# WORK REQUIRED
Starting with the first line of the records, write out each line exactly until you have included the line containing "begins no label.".

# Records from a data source
·····

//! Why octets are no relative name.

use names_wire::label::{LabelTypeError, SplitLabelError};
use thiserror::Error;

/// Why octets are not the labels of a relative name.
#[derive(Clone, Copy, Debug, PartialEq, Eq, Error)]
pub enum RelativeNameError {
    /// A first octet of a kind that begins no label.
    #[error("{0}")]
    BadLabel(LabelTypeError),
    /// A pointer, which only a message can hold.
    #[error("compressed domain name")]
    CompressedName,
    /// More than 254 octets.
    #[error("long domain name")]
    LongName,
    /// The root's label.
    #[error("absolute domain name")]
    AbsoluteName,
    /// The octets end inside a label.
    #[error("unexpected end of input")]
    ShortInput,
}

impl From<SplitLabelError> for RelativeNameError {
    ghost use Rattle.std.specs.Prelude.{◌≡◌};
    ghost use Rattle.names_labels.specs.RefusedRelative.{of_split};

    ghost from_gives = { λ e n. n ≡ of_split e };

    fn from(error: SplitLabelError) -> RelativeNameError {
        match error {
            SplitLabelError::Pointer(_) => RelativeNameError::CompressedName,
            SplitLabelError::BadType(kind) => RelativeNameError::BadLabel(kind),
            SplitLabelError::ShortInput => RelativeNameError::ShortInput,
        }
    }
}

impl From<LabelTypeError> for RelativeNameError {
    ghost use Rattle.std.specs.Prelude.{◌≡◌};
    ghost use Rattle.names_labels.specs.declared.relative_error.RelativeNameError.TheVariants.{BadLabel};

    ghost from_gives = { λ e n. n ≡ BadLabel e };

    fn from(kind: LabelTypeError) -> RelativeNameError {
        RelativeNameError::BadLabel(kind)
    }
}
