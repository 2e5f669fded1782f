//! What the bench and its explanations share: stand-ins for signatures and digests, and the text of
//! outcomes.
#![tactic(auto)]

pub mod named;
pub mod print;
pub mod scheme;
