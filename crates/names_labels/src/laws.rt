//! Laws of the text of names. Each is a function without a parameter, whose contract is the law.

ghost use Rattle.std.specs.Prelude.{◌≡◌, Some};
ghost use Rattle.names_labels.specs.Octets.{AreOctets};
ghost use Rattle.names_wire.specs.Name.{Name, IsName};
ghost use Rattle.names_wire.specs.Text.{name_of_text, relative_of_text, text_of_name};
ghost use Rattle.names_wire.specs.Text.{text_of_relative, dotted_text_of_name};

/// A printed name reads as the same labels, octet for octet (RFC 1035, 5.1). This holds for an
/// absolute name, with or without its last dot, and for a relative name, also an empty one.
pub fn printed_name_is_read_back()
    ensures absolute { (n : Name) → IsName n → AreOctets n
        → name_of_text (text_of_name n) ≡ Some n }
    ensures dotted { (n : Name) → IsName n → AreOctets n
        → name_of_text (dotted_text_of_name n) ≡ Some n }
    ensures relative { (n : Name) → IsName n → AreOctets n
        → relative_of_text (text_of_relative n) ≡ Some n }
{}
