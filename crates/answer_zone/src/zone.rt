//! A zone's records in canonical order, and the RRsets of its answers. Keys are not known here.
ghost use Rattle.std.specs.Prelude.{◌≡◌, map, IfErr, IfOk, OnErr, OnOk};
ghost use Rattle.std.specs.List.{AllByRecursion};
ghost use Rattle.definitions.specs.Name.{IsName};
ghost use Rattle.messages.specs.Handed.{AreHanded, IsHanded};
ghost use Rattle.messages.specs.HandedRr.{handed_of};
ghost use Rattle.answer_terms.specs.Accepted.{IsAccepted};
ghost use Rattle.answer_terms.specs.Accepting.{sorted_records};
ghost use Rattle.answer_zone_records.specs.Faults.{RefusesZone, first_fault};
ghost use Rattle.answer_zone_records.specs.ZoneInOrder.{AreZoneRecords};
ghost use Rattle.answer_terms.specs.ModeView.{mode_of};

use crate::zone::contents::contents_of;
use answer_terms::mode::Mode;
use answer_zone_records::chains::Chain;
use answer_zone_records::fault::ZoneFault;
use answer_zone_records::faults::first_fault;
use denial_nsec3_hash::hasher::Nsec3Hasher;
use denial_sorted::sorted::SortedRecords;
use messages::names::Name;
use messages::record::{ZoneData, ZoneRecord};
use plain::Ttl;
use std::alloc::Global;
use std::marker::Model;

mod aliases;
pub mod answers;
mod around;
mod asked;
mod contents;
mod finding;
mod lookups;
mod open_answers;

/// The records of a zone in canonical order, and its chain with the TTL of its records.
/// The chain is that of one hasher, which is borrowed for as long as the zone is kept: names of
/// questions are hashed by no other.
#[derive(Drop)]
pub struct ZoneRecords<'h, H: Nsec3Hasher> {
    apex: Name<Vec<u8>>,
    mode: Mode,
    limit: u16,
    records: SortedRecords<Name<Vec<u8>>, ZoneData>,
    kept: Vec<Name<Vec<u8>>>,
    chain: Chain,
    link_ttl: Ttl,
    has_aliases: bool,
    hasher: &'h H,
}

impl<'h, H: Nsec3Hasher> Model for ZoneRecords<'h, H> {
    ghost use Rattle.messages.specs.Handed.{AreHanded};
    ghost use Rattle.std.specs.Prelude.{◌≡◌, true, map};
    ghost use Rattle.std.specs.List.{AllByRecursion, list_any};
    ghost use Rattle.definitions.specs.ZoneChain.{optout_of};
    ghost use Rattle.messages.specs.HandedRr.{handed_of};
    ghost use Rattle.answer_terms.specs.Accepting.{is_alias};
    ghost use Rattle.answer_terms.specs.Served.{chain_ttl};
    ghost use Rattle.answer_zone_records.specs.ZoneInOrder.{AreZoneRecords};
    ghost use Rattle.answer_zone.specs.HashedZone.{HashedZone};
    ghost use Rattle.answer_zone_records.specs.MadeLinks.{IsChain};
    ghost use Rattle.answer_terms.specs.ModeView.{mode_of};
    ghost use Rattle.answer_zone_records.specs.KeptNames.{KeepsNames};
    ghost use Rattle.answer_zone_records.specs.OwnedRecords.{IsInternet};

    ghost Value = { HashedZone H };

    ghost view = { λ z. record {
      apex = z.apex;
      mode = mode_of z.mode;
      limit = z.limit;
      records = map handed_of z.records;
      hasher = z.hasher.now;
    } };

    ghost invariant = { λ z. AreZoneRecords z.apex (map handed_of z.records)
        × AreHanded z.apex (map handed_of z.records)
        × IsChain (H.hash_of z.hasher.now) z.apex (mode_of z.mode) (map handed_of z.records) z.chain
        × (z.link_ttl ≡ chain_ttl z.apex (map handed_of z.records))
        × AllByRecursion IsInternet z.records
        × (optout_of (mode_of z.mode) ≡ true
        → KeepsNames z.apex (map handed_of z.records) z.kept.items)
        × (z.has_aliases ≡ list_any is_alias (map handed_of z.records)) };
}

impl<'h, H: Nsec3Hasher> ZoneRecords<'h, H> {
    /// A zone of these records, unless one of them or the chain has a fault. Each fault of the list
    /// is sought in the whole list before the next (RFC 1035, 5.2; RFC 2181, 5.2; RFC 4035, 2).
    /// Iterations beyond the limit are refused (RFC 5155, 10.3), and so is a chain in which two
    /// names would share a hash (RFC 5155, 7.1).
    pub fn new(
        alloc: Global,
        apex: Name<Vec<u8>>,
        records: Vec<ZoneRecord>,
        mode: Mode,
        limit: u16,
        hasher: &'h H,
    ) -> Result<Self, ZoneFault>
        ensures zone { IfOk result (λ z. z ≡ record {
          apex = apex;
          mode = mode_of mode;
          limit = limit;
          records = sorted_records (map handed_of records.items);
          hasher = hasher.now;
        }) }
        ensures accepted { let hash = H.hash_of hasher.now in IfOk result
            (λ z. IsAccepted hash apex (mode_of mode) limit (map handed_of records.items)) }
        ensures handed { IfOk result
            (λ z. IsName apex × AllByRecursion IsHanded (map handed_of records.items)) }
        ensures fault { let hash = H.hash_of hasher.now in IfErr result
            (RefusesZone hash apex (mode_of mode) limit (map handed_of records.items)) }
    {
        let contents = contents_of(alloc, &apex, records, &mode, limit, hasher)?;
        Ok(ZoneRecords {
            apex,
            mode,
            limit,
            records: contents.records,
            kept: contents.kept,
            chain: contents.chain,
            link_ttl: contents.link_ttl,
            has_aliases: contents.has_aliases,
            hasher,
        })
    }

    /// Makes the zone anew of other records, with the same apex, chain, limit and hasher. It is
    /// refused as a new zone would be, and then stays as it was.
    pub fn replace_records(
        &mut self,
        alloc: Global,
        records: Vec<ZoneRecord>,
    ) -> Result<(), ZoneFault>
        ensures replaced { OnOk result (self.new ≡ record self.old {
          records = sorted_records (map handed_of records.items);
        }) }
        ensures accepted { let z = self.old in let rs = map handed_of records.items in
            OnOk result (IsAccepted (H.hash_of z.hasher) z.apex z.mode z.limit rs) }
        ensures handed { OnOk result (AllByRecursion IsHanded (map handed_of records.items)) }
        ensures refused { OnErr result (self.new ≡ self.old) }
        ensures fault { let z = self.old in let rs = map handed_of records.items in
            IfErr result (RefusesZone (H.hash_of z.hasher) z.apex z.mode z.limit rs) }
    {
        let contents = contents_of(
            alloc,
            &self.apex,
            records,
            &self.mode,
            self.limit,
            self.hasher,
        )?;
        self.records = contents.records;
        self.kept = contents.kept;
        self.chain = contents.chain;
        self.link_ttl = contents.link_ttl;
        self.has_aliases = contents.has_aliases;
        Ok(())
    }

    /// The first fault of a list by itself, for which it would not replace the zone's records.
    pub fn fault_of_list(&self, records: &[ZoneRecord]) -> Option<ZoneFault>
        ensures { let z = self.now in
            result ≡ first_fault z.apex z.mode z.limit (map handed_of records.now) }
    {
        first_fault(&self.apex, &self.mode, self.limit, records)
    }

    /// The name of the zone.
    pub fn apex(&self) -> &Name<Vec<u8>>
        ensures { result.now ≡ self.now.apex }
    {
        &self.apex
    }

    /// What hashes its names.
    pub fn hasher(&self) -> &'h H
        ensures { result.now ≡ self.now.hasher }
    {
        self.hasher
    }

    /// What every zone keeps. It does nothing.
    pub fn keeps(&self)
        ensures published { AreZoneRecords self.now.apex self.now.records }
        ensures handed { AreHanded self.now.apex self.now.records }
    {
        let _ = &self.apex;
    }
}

·····

# RESPONSE
//! Why octets are no relative name.

use names_wire::label::{LabelTypeError, SplitLabelError};
use thiserror::Error;

/// Why octets are not the labels of a relative name.
#[derive(Clone, Copy, Debug, PartialEq, Eq, Error)]
pub enum RelativeNameError {
    /// A first octet of a kind that begins no label.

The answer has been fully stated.